Prompt:
Return the lines from the start of the data through the line with "use std::marker::Model;". Include both of those lines and no others.

Input for this task:
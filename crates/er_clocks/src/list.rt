//! A list of links.

ghost use Rattle.std.specs.Prelude.{◌≡◌, ◌≤◌, [], ◌∷◌, length, IfOk};
ghost use Rattle.er_clocks.specs.InPlace.{numbers_of, AreInPlace};

use crate::row::Number;
use er_io::NoMemory;
use std::alloc::Global;
use std::marker::Model;

/// So many links need no memory: most actions have one or two.
const MOST_IN_PLACE: usize = 6;

/// Where the links are.
#[derive(Drop)]
pub(crate) enum Held {
    /// In place: the first so many of these.
    Few(u8, [Number; MOST_IN_PLACE]),
    Many(Box<Vec<Number>>),
}

/// The sources of the links into an action, ascending. Callers see the list of numbers.
pub(crate) struct LinkList {
    held: Held,
}

impl Drop for LinkList {
    fn drop(self) {
        let LinkList { held: _ } = self;
    }
}

impl Model for LinkList {
    ghost use Rattle.std.specs.Prelude.{List, ℕ};
    ghost use Rattle.er_clocks.specs.InPlace.{numbers_of, AreInPlace};

    ghost Value = { List ℕ };

    ghost view = { λ l. numbers_of l.held };

    ghost invariant = { λ l. AreInPlace l.held };
}

/// These, in place.
fn in_place(numbers: &[Number]) -> Held
    requires { length numbers.now ≤ MOST_IN_PLACE }
    ensures numbers { numbers_of result ≡ numbers.now }
    ensures held { AreInPlace result }
{
    let mut place = [0; MOST_IN_PLACE];
    place[..numbers.len()].copy_from_slice(numbers);
    Held::Few(numbers.len() as u8, place)
}

/// These, in memory of their own.
fn apart(alloc: Global, numbers: &[Number]) -> Result<Held, NoMemory>
    ensures numbers { IfOk result (λ held. numbers_of held ≡ numbers.now) }
    ensures held { IfOk result AreInPlace }
{
    let Ok(numbers) = Vec::from_slice(alloc, numbers) else {
        return Err(NoMemory);
    };
    let Ok(many) = Box::new(alloc, numbers) else {
        return Err(NoMemory);
    };
    Ok(Held::Many(many))
}

impl LinkList {
    /// One link alone, which needs no memory.
    pub(crate) fn one(number: Number) -> Self
        ensures { result ≡ number ∷ [] }
    {
        LinkList {
            held: Held::Few(1, [number, 0, 0, 0, 0, 0]),
        }
    }

    /// Takes no more memory than the numbers need.
    pub(crate) fn copied(alloc: Global, numbers: &[Number]) -> Result<Self, NoMemory>
        ensures { IfOk result (λ list. list ≡ numbers.now) }
    {
        if numbers.len() <= MOST_IN_PLACE {
            return Ok(LinkList {
                held: in_place(numbers),
            });
        }
        let held = apart(alloc, numbers)?;
        Ok(LinkList { held })
    }

    pub(crate) fn numbers(&self) -> &[Number]
        ensures { result.now ≡ self.now }
    {
        match &self.held {
            Held::Few(len, place) => &place[..*len as usize],
            Held::Many(numbers) => numbers.as_slice(),
        }
    }
}
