// Prints the journal of document 01's example: a target, two Suns, tolerance 10, one roll. A call that is refused prints its
// number instead.
#![tactic(auto)]

use buffers::Refusal;
use journal::{begin, work};
use solar_roll::Plan;
use std::io;

// The header, then the line of the only chunk.
fn write_journal(journal: &mut [u8]) -> Result<u64, Refusal> {
    let plan = Plan {
        targets: &[1.0, 0.0, 0.0],
        suns: &[0.0, 1.0, 0.0, 0.0, 0.0, 1.0],
        observers: &[0.0; 6],
        tolerances: &[10.0],
        configured: None,
        panels: &[0.0, 1.0, 0.0],
    };
    let used = begin(&plan, 1, journal, 0)?;
    work(&plan, 1, 0, journal, used)
}

fn main(rt: HostRuntime) -> io::Result<()> {
    let mut journal = [0u8; 140];
    match write_journal(&mut journal) {
        Ok(used) => rt.write_all(journal.get(..used as usize).unwrap_or_default()),
        Err(refusal) => println!(rt; "{}", refusal.number()),
    }
}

Your solution:
filename crates/er_clocks/src/list.rt
//! A list of links.

ghost use Rattle.std.specs.Prelude.{◌≡◌, ◌≤◌, [], ◌∷◌, length, IfOk};
ghost use Rattle.er_clocks.specs.InPlace.{numbers_of, AreInPlace};

use crate::row::Number;
use er_io::NoMemory;
use std::alloc::Global;
use std::marker::Model;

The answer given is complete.